Muris muvazaası hukuksal nedenine dayalı olarak verilen kabul kararının kesinleşmesinden sonra,bu kararın infazı için davacı tarafından tapuya başvurulmaması üzerine taşınmazlar üzerinde bulunan ihtiyati tedbirlerin kaldırıldığı ve aynı gün davalılar O.ve Z.ye çekişmeli 4 ve 3 nolu bağımsız bölümlerin resmi intikallerinin yapıldığı; daha sonra davacı tarafından yeniden alınan ihtiyati tedbir kararının da süresi içinde dava açılmadığından kaldırıldığı ve ertesi gün çekişmeli 1 ve 5 nolu bağımsız bölümlerin davalılar F. ve D."e satış suretiyle temlik edildikleri görülmektedir.
Esasen,yukarıda değinilen olgular mahkemenin de kabulündedir.

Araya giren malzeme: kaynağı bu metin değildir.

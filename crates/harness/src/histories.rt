// The records of a board as the reference holds them, and boards with the reference's records.
use crate::{boards, records};
use board::{Board, Replaced, UndoRecord};
use reference::history::{History, Kind, Record};
use reference::problem::{CELLS, MAX_VERTICES, Problem};

// The marks that a board's record has at the heads of a group. What it has at others is not looked at.
fn with_marks(group: Record, marks: u64) -> Record {
    let mut r = group;
    for head in 0..MAX_VERTICES {
        if group.names(head) {
            r = r.with_mark(head, records::mark_at(marks, head));
        }
    }
    r
}

pub fn of_record(u: UndoRecord) -> Record {
    match u.replaced {
        Replaced::OldMark(tail, head, mark) => Record::of_link(
            u32::from(tail),
            u32::from(head),
            mark,
        ),
        Replaced::OldMarks(tail, heads, marks) => with_marks(
            Record::of_group(u32::from(tail), heads),
            marks,
        ),
        Replaced::OldBudget(budget) => Record::of_budget(budget),
    }
}

// All that a board has recorded.
pub fn of_board(b: Board) -> History {
    let mut h = History::empty();
    for u in b.records.iter().take(b.count) {
        h = h.with(of_record(*u));
    }
    h
}

// The marks of a group's record two bits a head, and these bits at the heads that it does not name.
fn marks_of(group: Record, others: u64) -> u64 {
    let mut marks = others;
    for head in 0..MAX_VERTICES {
        if group.names(head) {
            marks = records::with_mark_at(marks, head, group.mark_at(head));
        }
    }
    marks
}

pub fn undo_record(r: Record, others: u64) -> UndoRecord {
    match r.kind {
        Kind::Link => records::mark_record(r.first, r.second, r.mark_at(r.second)),
        Kind::Budget => records::budget_record(r.first),
        _ => records::marks_record(r.first, r.second, marks_of(r, others)),
    }
}

// A board with an instance and records, with these bits wherever a group's record is not looked at. The places past the
// count hold rubbish.
pub fn board_with(p: Problem, h: History, others: u64) -> Board {
    let mut b = boards::of_problem(p);
    for (place, r) in b.records.iter_mut().zip(h.recorded()) {
        *place = undo_record(*r, others);
    }
    b.count = h.count as usize;
    b
}

// Whether a board has that instance where a link can be, and these records.
pub fn is_board(b: Board, p: Problem, h: History) -> bool {
    boards::alike_problems(&p, &boards::problem_of(b))
        && b.count == h.count as usize
        && of_board(b).is_same(&h)
}

// Whether a board is the blank one, which stands for none: 0 in every field and cell, and nothing recorded.
pub fn is_blank(b: Board) -> bool {
    let blank = Problem {
        n: 0,
        root: 0,
        budget: 0,
        weights: [0; CELLS],
        marks: [0; CELLS],
    };
    b.count == 0 && blank == boards::problem_of(b)
}
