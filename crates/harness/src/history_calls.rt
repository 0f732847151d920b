// The planner's calls on cards with records (02, A8): a board written as a history card, and cards moved from one
// kind to the other; and what the old console says of a card.
use crate::buffers;
use crate::calls::{CardOut, card_out};
use board::Board;
use reference::access;
use reference::card::{CARD_ROOM, Card};
use reference::moves::Move;

// A board written as a history card, with the first so many bytes of the buffer lent.
pub fn write_with(b: Board, room: u32) -> CardOut {
    let mut bytes = [buffers::BYTE; CARD_ROOM];
    let written = planner::write_history_card(b, access::front_mut(&mut bytes, room as usize));
    card_out(written, bytes)
}

pub fn write(b: Board) -> CardOut {
    write_with(b, CARD_ROOM as u32)
}

// A plain card moved to a history card.
pub fn to_history_with(c: Card, room: u32) -> CardOut {
    let mut bytes = [buffers::BYTE; CARD_ROOM];
    let written = planner::to_history_card(
        c.as_slice(),
        access::front_mut(&mut bytes, room as usize),
    );
    card_out(written, bytes)
}

// A history card moved to a plain card.
pub fn to_plain_with(c: Card, room: u32) -> CardOut {
    let mut bytes = [buffers::BYTE; CARD_ROOM];
    let written = planner::to_plain_card(
        c.as_slice(),
        access::front_mut(&mut bytes, room as usize),
    );
    card_out(written, bytes)
}

// What the old console answers, which knows nothing of history cards.
pub fn old_console_answer(c: Card) -> u32 {
    match card::read::read_card(c.as_slice()) {
        Ok(_) => 0,
        Err(refusal) => u32::from(refusal),
    }
}

// A card moved, into the first so many bytes of a buffer.
pub fn moved_with(c: Card, way: Move, room: u32) -> CardOut {
    match way {
        Move::ToHistory => to_history_with(c, room),
        Move::ToPlain => to_plain_with(c, room),
    }
}
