// Whether what a look showed is right, or the first thing that is not.
use crate::calls::Shown;
use crate::{buffers, calls};
use reference::problem::{CELLS, Problem};
use reference::trees::Listing;
use reference::{access, outcome, shown, trees};

// The first thing that is not right.
#[derive(Clone, Copy, PartialEq, Eq)]
pub enum Wrong {
    Kind,
    Total,
    Parents,
    Cuts,
    States,
    Touched,
    First,
}

// Whether the buffers are as before from these places on.
fn untouched_from(s: Shown, parents_from: u32, states_from: u32, cuts_from: u32) -> bool {
    buffers::bytes_untouched(&s.parents, parents_from, buffers::PARENTS as u32)
        && buffers::bytes_untouched(&s.states, states_from, buffers::STATES as u32)
        && buffers::words_untouched(&s.cuts, cuts_from, buffers::CUTS as u32)
}

pub fn all_untouched(s: Shown) -> bool {
    untouched_from(s, 0, 0, 0)
}

// The parents and the cuts of what was shown, by the documents' conditions, for any n: a cheapest tree, but not which
// one. The table holds the weights of the remaining arcs. A refused look is not right, whatever stands in the buffers.
pub fn certified(table: &[u32; CELLS], n: u32, root: u32, s: Shown) -> Result<(), Wrong> {
    if s.kind == calls::REFUSED {
        return Err(Wrong::Kind);
    }
    if !shown::parents_right(table, &s.parents, n, root, s.kind, s.total) {
        return Err(Wrong::Parents);
    }
    if !shown::cuts_right(table, &s.cuts, n, root, s.pairs, s.kind, s.total) {
        return Err(Wrong::Cuts);
    }
    if !untouched_from(s, n, n.wrapping_mul(n), shown::CUT_WORDS) {
        return Err(Wrong::Touched);
    }
    Ok(())
}

// Whether every state is that of the listing.
fn states_right(states: &[u8], list: Listing, p: Problem) -> bool {
    let n = p.n;
    if n == 0 {
        return false;
    }
    let count = n.wrapping_mul(n);
    (0..count).all(|k| access::byte(states, k) == outcome::state(list, p, k / n, k % n))
}

// Whether the parents are those of the listing's first cheapest tree.
fn shows_first(list: Listing, n: u32, s: Shown) -> bool {
    outcome::is_first(list, &s.parents, n)
}

// Everything that a look shows of an instance of at most six vertices, against its table of costs and its listing.
pub fn against(table: &[u32; CELLS], list: Listing, p: Problem, s: Shown) -> Result<(), Wrong> {
    let kind = outcome::kind(list, p.budget);
    if s.kind != kind {
        return Err(Wrong::Kind);
    }
    if kind != outcome::NONE && s.total != list.cheapest {
        return Err(Wrong::Total);
    }
    if !states_right(&s.states, list, p) {
        return Err(Wrong::States);
    }
    certified(table, p.n, p.root, s)?;
    if !shows_first(list, p.n, s) {
        return Err(Wrong::First);
    }
    Ok(())
}

// The same where the listing is wanted only once.
pub fn judged(p: Problem, s: Shown) -> Result<(), Wrong> {
    let table = p.costs();
    against(&table, trees::list(&table, p.n, p.root), p, s)
}
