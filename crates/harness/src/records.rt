// Records of a board's history: made from the reference's numbers, and compared.
use board::{Replaced, UndoRecord};
use reference::problem::{MAX_VERTICES, Problem};
use reference::{access, problem, shown};

// The record of an arc's mark; of the marks of the arcs from a tail into a set of heads; of a budget.
pub fn mark_record(tail: u32, head: u32, mark: u8) -> UndoRecord {
    UndoRecord {
        replaced: Replaced::OldMark(access::narrow(tail), access::narrow(head), mark),
    }
}

pub fn marks_record(tail: u32, heads: u32, marks: u64) -> UndoRecord {
    UndoRecord {
        replaced: Replaced::OldMarks(access::narrow(tail), heads, marks),
    }
}

pub fn budget_record(budget: u32) -> UndoRecord {
    UndoRecord {
        replaced: Replaced::OldBudget(budget),
    }
}

// The mark of a head in the number that holds two bits for each, the lowest for head 0; and the number with another.
pub fn mark_at(marks: u64, head: u32) -> u8 {
    ((marks >> (head % MAX_VERTICES * 2)) % 4) as u8
}

pub fn with_mark_at(marks: u64, head: u32, mark: u8) -> u64 {
    let changed = u32::from(mark_at(marks, head) ^ mark % 4);
    marks ^ u64::from(changed) << (head % MAX_VERTICES * 2)
}

// The marks that an instance has from a tail into a set, and 0 at the other heads.
pub fn marks_into(p: Problem, tail: u32, heads: u32) -> u64 {
    let mut marks = 0;
    for head in 0..MAX_VERTICES {
        if shown::holds(heads, head) {
            let at = problem::cell(tail, head);
            marks = with_mark_at(marks, head, p.marks[at]);
        }
    }
    marks
}

// Whether two records are the same in every bit.
pub fn equal(a: UndoRecord, b: UndoRecord) -> bool {
    match (a.replaced, b.replaced) {
        (Replaced::OldMark(t, h, m), Replaced::OldMark(u, i, n)) => t == u && h == i && m == n,
        (Replaced::OldMarks(t, h, m), Replaced::OldMarks(u, i, n)) => t == u && h == i && m == n,
        (Replaced::OldBudget(x), Replaced::OldBudget(y)) => x == y,
        _ => false,
    }
}

// Whether a record names the arc from a tail to a head.
pub fn names(r: UndoRecord, tail: u32, head: u32) -> bool {
    match r.replaced {
        Replaced::OldMark(t, h, _) => u32::from(t) == tail && u32::from(h) == head,
        Replaced::OldMarks(t, heads, _) => u32::from(t) == tail && shown::holds(heads, head),
        Replaced::OldBudget(_) => false,
    }
}
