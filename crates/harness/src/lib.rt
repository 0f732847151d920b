// What the test programs share, and the one place that sees both the planner and the reference: the planner's calls on
// lent buffers that are longer than needed, boards beside the reference's instances, changed boards, and comparisons.
#![tactic(auto)]

pub mod boards; // boards.rt: boards and the reference's instances
pub mod buffers; // buffers.rt: what stands in a buffer before a call
pub mod calls; // calls.rt: the planner's calls
pub mod changes; // changes.rt: a board with a change of any kind, damaged or not
pub mod damage; // damage.rt: a board with one field changed
pub mod faults; // faults.rt: a board with a fault planted
pub mod group_records; // group_records.rt: records of group presses, sound and damaged
pub mod histories; // histories.rt: the records of a board, as the reference holds them
pub mod history_calls; // history_calls.rt: the planner's calls on cards with records
pub mod records; // records.rt: records of a board's history
pub mod replays; // replays.rt: a list of calls handed over whole
pub mod replies; // replies.rt: a call's answer, and whether it touched anything
pub mod session; // session.rt: a board beside the log
pub mod verdict; // verdict.rt: whether what a look showed is right
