#![tactic(auto)]

// Document 01, "Cases by hand": P1 to P9 in one table, proved together by one computed test. No code.
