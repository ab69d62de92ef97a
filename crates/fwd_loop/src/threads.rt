//! The threads of a relay beside that of its reader in front.

use crate::opening::WorkerTurns;
use crate::platform::Platform;
use fwd_history::Run;
use fwd_monitors::StartFault;
use fwd_turns::{PageMaker, Turns};
use std::alloc::{AllocError, Global};
use std::rt::Clock;
use std::sync::Wait;
use std::thread::{JoinHandle, Scope, Threads};

/// What works beside the reader in front, each in a thread of its own.
#[derive(Drop)]
pub struct Beside<'x, 'a, J: Run, R: Clock> {
    workers: Vec<WorkerTurns<'a, J>>,
    readers: Vec<ReaderThread<'x, 'a, J, R>>,
}

impl<'x, 'a, J: Run, R: Wait + Clock> Beside<'x, 'a, J, R> {
    /// These workers and readers. The only error is out of memory.
    pub fn new(
        alloc: Global,
        workers: Vec<WorkerTurns<'a, J>>,
        others: &'x mut Vec<Turns<'a, J, R>>,
    ) -> Result<Beside<'x, 'a, J, R>, AllocError> {
        let mut readers = Vec::with_capacity(alloc, others.len())?;
        let all = others.iter_mut();
        for turns in all {
            readers.push(ReaderThread { turns })?;
        }
        Ok(Beside { workers, readers })
    }
}

/// What a thread of a reader that is not in front works on.
#[derive(Drop)]
struct ReaderThread<'x, 'a, J: Run, R: Clock> {
    turns: &'x mut Turns<'a, J, R>,
}

impl<'x, 'a, J: Run, R: Wait + Clock> ReaderThread<'x, 'a, J, R> {
    /// Makes so many turns, or as many as there are until all are to end.
    fn run(self, rt: &R, turns: u64) -> Result<(), StartFault> {
        self.turns.run(rt, turns)
    }
}

/// The threads that were started. They must be waited for before what they work on is closed: by
/// `join`.
#[derive(Drop)]
pub struct Started {
    /// Those of the workers, and of whatever else ends with nothing to say.
    workers: Vec<JoinHandle<()>>,
    readers: Vec<JoinHandle<Result<(), StartFault>>>,
}

impl Started {
    /// None yet, with room for all of these and for one more. The only error is out of memory.
    pub fn with_room_for<J: Run, R: Clock>(
        alloc: Global,
        beside: &Beside<'_, '_, J, R>,
    ) -> Result<Started, AllocError> {
        let workers = beside.workers.len().saturating_add(1);
        Ok(Started {
            workers: Vec::with_capacity(alloc, workers)?,
            readers: Vec::with_capacity(alloc, beside.readers.len())?,
        })
    }

    /// Starts a thread for each of these, which makes so many turns in it.
    ///
    /// It fails with `Thread` where a thread cannot be had. Those that were started work then, too.
    pub fn start<'s, 'a, E, J: Run + Send + Sync, R: Platform>(
        &mut self,
        scope: &Scope<'s, E>,
        rt: &'s R,
        beside: Beside<'s, 'a, J, R>,
        turns: u64,
    ) -> Result<(), StartFault> {
        let Beside { workers, readers } = beside;
        self.start_workers(scope, rt, workers, turns)?;
        self.start_readers(scope, rt, readers, turns)
    }

    /// Starts a thread for each of these workers.
    fn start_workers<'s, 'a: 's, E, J: Run + Send + Sync, R: Platform>(
        &mut self,
        scope: &Scope<'s, E>,
        rt: &'s R,
        workers: Vec<WorkerTurns<'a, J>>,
        turns: u64,
    ) -> Result<(), StartFault> {
        for worker in workers {
            match scope.spawn(move || worker.work(rt, turns)) {
                Ok(child) => self.workers.push(child)?,
                Err(_) => return Err(StartFault::Thread),
            }
        }
        Ok(())
    }

    /// Starts a thread for each of these readers.
    fn start_readers<'s, 'a, E, J: Run + Send + Sync, R: Platform>(
        &mut self,
        scope: &Scope<'s, E>,
        rt: &'s R,
        readers: Vec<ReaderThread<'s, 'a, J, R>>,
        turns: u64,
    ) -> Result<(), StartFault> {
        for reader in readers {
            match scope.spawn(move || reader.run(rt, turns)) {
                Ok(child) => self.readers.push(child)?,
                Err(_) => return Err(StartFault::Thread),
            }
        }
        Ok(())
    }

    /// Starts a thread that makes monitors' pages, if one can be had: whether it could. It is
    /// waited for with the workers.
    pub(crate) fn start_pages<'s, 'a: 's, E, J: Run + Send + Sync, R: Platform>(
        &mut self,
        scope: &Scope<'s, E>,
        rt: &'s R,
        maker: PageMaker<'a, J>,
    ) -> bool {
        match scope.spawn(move || maker.work(rt)) {
            Ok(child) => {
                let _ = self.workers.push(child);
                true
            }
            Err(_) => false,
        }
    }

    /// Waits until all have ended. It fails as the first reader that failed.
    pub fn join<R: Threads + Wait>(self, rt: &R) -> Result<(), StartFault> {
        let mut served = Ok(());
        for reader in self.readers {
            let ended = reader.join(rt);
            served = served.and(ended);
        }
        for worker in self.workers {
            worker.join(rt);
        }
        served
    }
}
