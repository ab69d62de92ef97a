//! What a relay has before its first turn, and how it is opened: the turns of its readers, and its
//! workers beside them.

ghost use Rattle.std.specs.Prelude.{◌≡◌, Some};
ghost use Rattle.fwd_run.specs.Runs.{routes_at};

use fwd_history::Run;
use fwd_links::SharedFlags;
use fwd_match::Routes;
use fwd_monitors::{PageQueue, SharedTally, StartFault};
use fwd_output::UnsentRequests;
use fwd_pools::{WorkerSurroundings, WorkerThread};
use fwd_reader::{Output, ReaderInbox, ReaderInboxes};
use fwd_run::ReachedHistory;
use fwd_turns::{
    EventQueue, FrontReader, FrontTurns, ReaderParts, SourceSetup, Surroundings, Turns, close_all,
};
use std::alloc::{AllocFailed, Global};
use std::net::Net;
use std::rt::Clock;
use std::sync::Wait;
use std::time::Instant;

/// What a relay's readers and workers share.
pub(crate) struct Shared<J: Run> {
    pub flags: SharedFlags,
    pub routes: Routes,
    pub outputs: Vec<Output<J>>,
    pub inboxes: ReaderInboxes<J>,
    pub journal_events: EventQueue,
    pub tally: SharedTally,
    pub pages: PageQueue,
    /// The history of the run as far as it is known before the first turn, for the proof.
    pub reached: ReachedHistory<J>,
    ghost routed: { routes_at reached ≡ Some routes },
}

// A drop of its own is proved once, and not at each place where a relay goes.
impl<J: Run> Drop for Shared<J> {
    fn drop(self) {
        let Shared {
            flags: _,
            routes: _,
            outputs: _,
            inboxes: _,
            journal_events: _,
            tally: _,
            pages: _,
            reached: _,
        } = self;
    }
}

impl<J: Run> Shared<J> {
    /// The outputs, which nobody shares any more, and the history of the run as far as it was known
    /// before the first turn.
    pub fn into_outputs(self) -> (Vec<Output<J>>, ReachedHistory<J>)
        ensures { result.0.items ≡ self.outputs.items }
    {
        let Shared {
            flags: _,
            routes: _,
            outputs,
            inboxes: _,
            journal_events: _,
            tally: _,
            pages: _,
            reached,
        } = self;
        (outputs, reached)
    }
}

/// What a relay has beside: what each reader has of its own, and the workers.
pub(crate) struct Own<J: Run> {
    /// The reader in front.
    pub front: ReaderParts<J>,
    /// What sources that come are given.
    pub setup: SourceSetup<J>,
    /// The others, in the order of their numbers.
    pub others: Vec<ReaderParts<J>>,
    pub workers: Vec<WorkerThread<J>>,
}

// A drop of its own is proved once, and not at each place where a relay goes.
impl<J: Run> Drop for Own<J> {
    fn drop(self) {
        let Own {
            front: _,
            setup: _,
            others: _,
            workers: _,
        } = self;
    }
}

impl<J: Run> Own<J> {
    /// The relay ends, and no request that waits is admitted any more. What those had, with so many
    /// entries that outputs hold and nobody sends again.
    pub fn give_up(&mut self, unasked: u64) -> UnsentRequests {
        let mut unsent = self.front.event_loop.give_up();
        for reader in &mut self.others {
            unsent = unsent.and(reader.event_loop.give_up());
        }
        unsent.with_unasked(unasked)
    }
}

/// A worker of a relay, which works beside the relay's turns, in a thread of its own.
#[derive(Drop)]
pub struct WorkerTurns<'a, J: Run> {
    thread: &'a mut WorkerThread<J>,
    around: WorkerSurroundings<'a, J>,
}

impl<'a, J: Run> WorkerTurns<'a, J> {
    /// Works for its output in so many turns, or until all workers are to end.
    pub fn work<R: Net + Wait + Clock + AllocGlobal>(self, rt: &R, turns: u64) {
        let WorkerTurns { thread, around } = self;
        let _ = thread.work(rt, around, turns);
    }
}

/// The workers of a relay.
fn workers_of<'a, J: Run>(
    alloc: Global,
    shared: &'a Shared<J>,
    threads: &'a mut [WorkerThread<J>],
    start: Option<Instant>,
) -> Result<Vec<WorkerTurns<'a, J>>, StartFault> {
    let around = WorkerSurroundings {
        flags: &shared.flags,
        outputs: &shared.outputs,
        inboxes: &shared.inboxes,
        start,
    };
    let mut workers = Vec::with_capacity(alloc, threads.len())?;
    for thread in threads {
        workers.push(WorkerTurns { thread, around })?;
    }
    Ok(workers)
}

/// A place of a reader: its number, its inbox, when the relay started, and what it does beside if
/// it is in front.
#[derive(Drop)]
struct ReaderPlace<'a, J: Run> {
    number: usize,
    inbox: &'a ReaderInbox<J>,
    start: Option<Instant>,
    front: Option<FrontReader<'a>>,
}

/// The turns of a relay's reader, which has these parts. The only error is out of memory.
fn turns_of<'a, J: Run, R: Wait + Clock>(
    rt: &'a R,
    alloc: Global,
    shared: &'a Shared<J>,
    place: ReaderPlace<'a, J>,
    parts: &'a mut ReaderParts<J>,
) -> Result<Turns<'a, J, R>, StartFault> {
    let ReaderPlace {
        number,
        inbox,
        start,
        front,
    } = place;
    let around = Surroundings {
        alloc,
        routes: &shared.routes,
        outputs: &shared.outputs,
        tally: &shared.tally,
        inboxes: &shared.inboxes,
        inbox,
        number,
        start,
        reached: &shared.reached,
    };
    Turns::new(rt, around, parts, &shared.journal_events, front)
}

/// The turns of the reader in front of a relay. The only error is out of memory.
fn front_of<'a, J: Run, R: Wait + Clock>(
    rt: &'a R,
    alloc: Global,
    shared: &'a Shared<J>,
    own: (&'a mut ReaderParts<J>, &'a mut SourceSetup<J>),
    start: Option<Instant>,
) -> Result<FrontTurns<'a, J, R>, StartFault> {
    let (parts, setup) = own;
    let place = ReaderPlace {
        number: 0,
        inbox: &shared.inboxes.front,
        start,
        front: Some(FrontReader::new(alloc, &shared.outputs, &shared.pages)?),
    };
    let turns = turns_of(rt, alloc, shared, place, parts)?;
    Ok(FrontTurns::new(turns, setup))
}

/// The turns of the readers of a relay that are not in front. The only error is out of memory.
fn others_of<'a, J: Run, R: Wait + Clock>(
    rt: &'a R,
    alloc: Global,
    shared: &'a Shared<J>,
    others: &'a mut [ReaderParts<J>],
    start: Option<Instant>,
) -> Result<Vec<Turns<'a, J, R>>, StartFault> {
    let mut readers = Vec::new(alloc);
    for ((number, inbox), parts) in (1..usize::MAX).zip(&shared.inboxes.others).zip(others) {
        let place = ReaderPlace {
            number,
            inbox,
            start,
            front: None,
        };
        let turns = match turns_of(rt, alloc, shared, place, parts) {
            Ok(turns) => turns,
            Err(fault) => {
                close_all(rt, readers);
                return Err(fault);
            }
        };
        if let Err(AllocFailed { value }) = readers.push(turns) {
            value.close(rt);
            close_all(rt, readers);
            return Err(StartFault::Memory);
        }
    }
    Ok(readers)
}

/// A relay that is open: the turns of its readers, and its workers.
pub struct Opened<'a, J: Run, R: Clock> {
    /// Those of the reader in front.
    pub turns: FrontTurns<'a, J, R>,
    pub others: Vec<Turns<'a, J, R>>,
    pub workers: Vec<WorkerTurns<'a, J>>,
}

/// Opens a relay of these parts. The only error is out of memory.
pub(crate) fn open<'a, J: Run, R: Wait + Clock>(
    rt: &'a R,
    alloc: Global,
    shared: &'a Shared<J>,
    own: &'a mut Own<J>,
) -> Result<Opened<'a, J, R>, StartFault> {
    let Own {
        front,
        setup,
        others,
        workers: threads,
    } = own;
    let start = Instant::now(rt).ok();
    let workers = workers_of(alloc, shared, threads, start)?;
    let others = others_of(rt, alloc, shared, others, start)?;
    match front_of(rt, alloc, shared, (front, setup), start) {
        Ok(turns) => Ok(Opened {
            turns,
            others,
            workers,
        }),
        Err(fault) => {
            close_all(rt, others);
            Err(fault)
        }
    }
}
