//! How many files the process may have open, and how many sources that leaves room for.

ghost use Rattle.std.specs.Prelude.{◌≡◌, ◌≤◌, length};
ghost use Rattle.fwd_loop.specs.Loops.{room_within, workers_in};

use fwd_settings::OutputSettings;
use fwd_turns::MONITORS;
use std::alloc::Global;
use std::rt::Files;
use std::{fs, str};

/// Where Linux tells a process's limits (proc_pid_limits(5)).
const LIMITS: &str = "/proc/self/limits";

/// What the line begins with that tells how many files it may have open.
const NAME: &str = "Max open files";

/// The files that a relay has open beside its sources, monitors, readers and workers: the standard
/// streams, the listeners, and some to spare.
const OWN: u64 = 14;

/// The files of a worker at most: three that it waits with, its link, and one more while it
/// connects to another server.
const WORKER: u64 = 5;

/// The files of a reader: what it waits with, and what wakes it.
const READER: u64 = 2;

/// How many files the process may have open, where the system tells and there is a limit.
pub(crate) fn most_files<R: Files + AllocGlobal>(rt: &R) -> Option<u64> {
    let text = fs::read(rt, LIMITS).ok()?;
    limit_in(str::from_utf8(&text).ok()?)
}

/// The limit that a process's limits tell: the first number behind the line's name.
fn limit_in(text: &str) -> Option<u64> {
    let line = text.lines().find(|line| line.starts_with(NAME))?;
    let soft = line.split_ascii_whitespace().nth(3)?;
    soft.parse().ok()
}

/// How many workers these outputs have.
fn workers_in(outputs: &[OutputSettings]) -> u64
    requires { length outputs.now ≤ 64 }
    ensures { result ≡ workers_in outputs.now }
{
    outputs.iter().map(|output| u64::from(output.workers)).sum()
}

/// How many sources at most so many files leave room for, beside so many readers and the workers of
/// these outputs: one at least.
pub(crate) fn sources_within(files: u64, readers: u16, outputs: &[OutputSettings]) -> u64
    requires { length outputs.now ≤ 64 }
    ensures { result ≡ room_within files readers outputs.now }
{
    let workers = WORKER.saturating_mul(workers_in(outputs));
    let own = (OWN + MONITORS as u64 + READER * u64::from(readers)).saturating_add(workers);
    files.saturating_sub(own).max(1)
}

Ancak,olayların bu oluşumu dikkate alındığında,diğer davalıların bayileri olan davalı T... aleyhine açılan tapu iptal ve tescil davasından haberdar oldukları,taşınmazlar üzerinde bulunan ihtiyati tedbir nedeniyle resmi devirlerin yapılamadığı ve ihtiyati tedbirlerin kaldırılmasının akabinde davalı T... tarafından resmi temliklerin yapıldığı,davalıların uzun süren bu davayı bilebilecek durumda oldukları; bu durumda Türk Medeni Kanununun 1023. maddesinin koruyuculuğundan yararlanamayacakları gözönüne alınarak davalı A.dışındaki diğer davalılar bakımından davanın kabulü gerekirken,yanılgılı değerlendirme ile yazılı olduğu üzere hüküm kurulmuş olması doğru değildir.Davacının temyiz itirazları yerindedir.Kabulü ile hükmün açıklanan nedenlerden ötürü H.U.M.K."nun 428. maddesi uyarınca BOZULMASINA,alınan peşin harcın temyiz edene geri verilmesine,5.6.2008 tarihinde oybirliğiyle karar verildi.